1. Field of the Invention
The present invention relates to materials used in the manufacture of a semiconductor device which includes an array of transistors to achieve isolation between transistors. More particularly, the present invention relates to materials used in the manufacture of a semiconductor device containing a non-volatile memory array to achieve isolation between transistors.
2. Description of the Related Art
FIG. 1 shows a cross section of two NMOS transistors illustrating the typical configuration of materials used in the manufacture of a semiconductor device containing an array of transistors. The transistors are shown formed in a p-type silicon substrate 2. A first transistor 4 includes n-type source and drain implant regions 6 and 8 provided in the substrate 2. A polysilicon gate region 10 of the first transistor 4 is provided bridging the source 6 and drain 8 regions.
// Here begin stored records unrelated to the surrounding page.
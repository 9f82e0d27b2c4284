//! Texts and byte strings: the tokens in quotes.

ghost use Rattle.std.specs.Prelude.{◌≡◌, ◌+◌, ◌≤◌, ◌<◌, ◌∷◌, List, [], ℕ, length, drop, slice_index, IfOk, option_map, IfSome, IfNone};
ghost use Rattle.mk_value.specs.Tokens.{escaped, hex_digit as digit_of, hex_pair};
ghost use Rattle.tokens.specs.Finding.{Finds, FindsByte, FindsQuoted, IsByte, IsTextByte, form_at};
ghost use Rattle.tokens.specs.declared.form.Form.TheVariants.{Bytes as bytes_form, Text as text_form};

use crate::Token;
use crate::form::begins_with_quote;

/// The text at the front of the bytes, and the length of what spells it.
pub(crate) fn text_token(bytes: &[u8]) -> Option<(Token<'_>, usize)>
    requires { form_at bytes.now ≡ text_form }
    ensures { Finds bytes.now result }
{
    let end = characters_end(&bytes[1..])?;
    match str::from_utf8(&bytes[1..end]) {
        Ok(written) => Some((Token::Text(written), end + 1)),
        Err(_) => None,
    }
}

/// The byte string at the front of the bytes, and the length of what spells it.
pub(crate) fn bytes_token(bytes: &[u8]) -> Option<(Token<'_>, usize)>
    requires { form_at bytes.now ≡ bytes_form }
    ensures { Finds bytes.now result }
{
    let end = pairs_end(&bytes[2..])?;
    match str::from_utf8(&bytes[2..end + 1]) {
        Ok(written) => Some((Token::Bytes(written), end + 2)),
        Err(_) => None,
    }
}

/// Where the quote behind characters ends.
fn characters_end(bytes: &[u8]) -> Option<usize>
    ensures { FindsQuoted escaped IsTextByte bytes.now result }
{
    let mut at = 0;
    while let Some((_, len)) = character_at(&bytes[at..]) {
        at += len;
    }
    if begins_with_quote(&bytes[at..]) {
        Some(at + 1)
    } else {
        None
    }
}

/// The byte of a text that is written at the front of the bytes, and the length of what stands for it.
fn character_at(bytes: &[u8]) -> Option<(u8, usize)>
    ensures { FindsByte escaped IsTextByte bytes.now result }
{
    let (first, rest) = bytes.split_first()?;
    match *first {
        b'\\' => Some((escape_at(rest)?, 2)),
        b'"' | b'\n' | 0 => None,
        byte => Some((byte, 1)),
    }
}

/// What a backslash and the first of the bytes stand for.
fn escape_at(bytes: &[u8]) -> Option<u8>
    ensures some { IfSome result (λ byte. (0 < length bytes.now) × (escaped byte ≡ 92 ∷ slice_index bytes.now 0 ∷ []) × IsTextByte byte) }
    ensures none { IfNone result ((byte next : ℕ) → (rest : List ℕ) → bytes.now ≡ next ∷ rest → escaped byte ≡ 92 ∷ next ∷ [] → ⊥) }
{
    match bytes.first()? {
        b'"' => Some(b'"'),
        b'\\' => Some(b'\\'),
        b'n' => Some(b'\n'),
        _ => None,
    }
}

/// Where the quote behind pairs of digits of base 16 ends.
fn pairs_end(bytes: &[u8]) -> Option<usize>
    ensures { FindsQuoted hex_pair IsByte bytes.now result }
{
    let mut at = 0;
    while let Some((_, len)) = pair_at(&bytes[at..]) {
        at += len;
    }
    if begins_with_quote(&bytes[at..]) {
        Some(at + 1)
    } else {
        None
    }
}

/// The byte whose two digits stand at the front of the bytes, and their number.
fn pair_at(bytes: &[u8]) -> Option<(u8, usize)>
    ensures { FindsByte hex_pair IsByte bytes.now result }
{
    if bytes.len() < 2 {
        return None;
    }
    let high = digit_value(bytes[0])?;
    let low = digit_value(bytes[1])?;
    Some((16 * high + low, 2))
}

/// What a digit of base 16 in lower case stands for.
fn digit_value(byte: u8) -> Option<u8>
    ensures some { IfSome result (λ value. (value < 16) × (digit_of value ≡ byte)) }
    ensures none { IfNone result ((value : ℕ) → value < 16 → digit_of value ≡ byte → ⊥) }
{
    match byte {
        b'0'..=b'9' => Some(byte - b'0'),
        b'a'..=b'f' => Some(byte - b'a' + 10),
        _ => None,
    }
}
The polysilicon gate region 10 is separated from the substrate 2 by a first inter-layer dielectric (ILD0) 22. A second transistor 14 includes n-type source and drain implant regions 16 and 18 provided in the substrate 2. A polysilicon gate region 20 of the second transistor 14 bridges the source and drain regions 16 and 18.
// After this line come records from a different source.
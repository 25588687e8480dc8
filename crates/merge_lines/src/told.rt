// A line as it is told: records are lines of four decimal numbers parted by tabs.
ghost use Rattle.std.specs.Prelude.{◌≡◌, ◌<◌, eqb, length, IfSome};
ghost use Rattle.std.specs.Option.{unwrap_or};
ghost use Rattle.laws.specs.Lists.{position};
ghost use Rattle.merge_lines.specs.Lines.{number_in, line_words, with_reading, with_tablet, with_time, line_of};

use decimal::{TAB, bits_from, read_decimal, types};

// The numbers of a line.
#[derive(Clone, Copy)]
pub struct Line {
    pub appliance: u64,
    pub time: u64,
    pub tablet: u64,
    pub reading: u64,
}

// The number that a word says, if it lies in the range of a type.
pub fn number(kind: u8, word: &[u8]) -> Option<u64>
    ensures { result ≡ number_in kind word.now }
{
    bits_from(kind, read_decimal(word))
}

// The place of the first such byte.
pub fn first(s: &[u8], b: u8) -> Option<usize>
    ensures place { unwrap_or result (length s.now) ≡ position (λ x. eqb x b) s.now }
    ensures within { IfSome result (λ i. i < length s.now) }
{
    for (i, x) in s.iter().enumerate() {
        if *x == b {
            return Some(i);
        }
    }
    None
}

// The last of the four numbers: no tab may follow.
fn with_reading(appliance: u64, time: u64, tablet: u64, rest: &[u8]) -> Option<Line>
    ensures { result ≡ with_reading appliance time tablet (line_words rest.now) }
{
    if first(rest, TAB).is_some() {
        return None;
    }
    let reading = number(types::INT64, rest)?;
    Some(Line {
        appliance,
        time,
        tablet,
        reading,
    })
}

// The third and what follows.
fn with_tablet(appliance: u64, time: u64, rest: &[u8]) -> Option<Line>
    ensures { result ≡ with_tablet appliance time (line_words rest.now) }
{
    let t = first(rest, TAB)?;
    let tablet = number(types::UINT64, &rest[..t])?;
    with_reading(appliance, time, tablet, &rest[t + 1..])
}

// The second and what follows.
fn with_time(appliance: u64, rest: &[u8]) -> Option<Line>
    ensures { result ≡ with_time appliance (line_words rest.now) }
{
    let t = first(rest, TAB)?;
    let time = number(types::UINT64, &rest[..t])?;
    with_tablet(appliance, time, &rest[t + 1..])
}

// The numbers of a line without its LF, if it says four.
pub fn line_numbers(line: &[u8]) -> Option<Line>
    ensures { result ≡ line_of line.now }
{
    let t = first(line, TAB)?;
    let appliance = number(types::UINT64, &line[..t])?;
    with_time(appliance, &line[t + 1..])
}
A field oxide region 24 is provided in the substrate 2 separating region 8 of the first transistor 4 and region 16 of the second transistor 14. A polysilicon layer 26 overlies the field oxide region 24 as well as a portion of the n-type regions 8 and 16. The polysilicon region 26 extends to serve as the gate region for other transistors (not shown) in the array, as do polysilicon regions 10 and 20.
The field oxide region 24 is provided to prevent field leakage between region 8 of the first transistor 4 and region 16 of the second transistor 14. A thickness "t" shown with field oxide layer 24 is set to control leakage current between transistors.
Thickness of the field oxide regions separating transistors typically dictates the distance separating each transistor. In explanation, as shown with respect to field oxide region 24, birds beak regions are formed during application of the field oxide regions. With greater thicknesses required for the field oxide regions to more limit field leakage, the birds beak regions extend further in a direction parallel to the surface of the substrate. With greater birds beak extensions, source and drain regions, such as regions 8 and 16 of adjacent transistors, must be separated by a greater distance. For greater device density, or more transistors provided per unit area of substrate, it is desirable to reduce the birds beak size.
Field leakage current can require the thickness of the field oxide to be significant in a large array of transistors. For memory cell transistors, voltage is typically pumped above a chip pin power supply voltage Vcc by charge pump circuitry on a chip. With significant current leakage, charge pump circuitry provided on the chip must be increased in size to supply necessary program voltages. Even with non-programmable transistors in a large array of transistors, significant additional current must be provided from a power supply, a condition which is undesirable.
With the field oxide layer thickness "t" controlled to set the degree of field leakage current, for a large array of transistors where it is typically desirable to increase array density, the thickness "t" of the field oxide layer may be undesirably large.
The ILD0 layer is typically composed of silicon dioxide, phosphorous silicate glass (PSG), tetraethyl orthosilicate (TEOS), borophosphorous tetraethyl orthosilicate (BPTEOS), or a combination of these materials. Although not shown, other layers of materials are applied above the ILD0 layer to fabricate an array of transistors. The ILD0 layer is provided between the substrate and a first metal layer. A subsequent dielectric layer ILD1 is provided between the first metal layer and a second metal layer, and a further dielectric layer ILD2 is provided between the second metal layer and a third metal layer.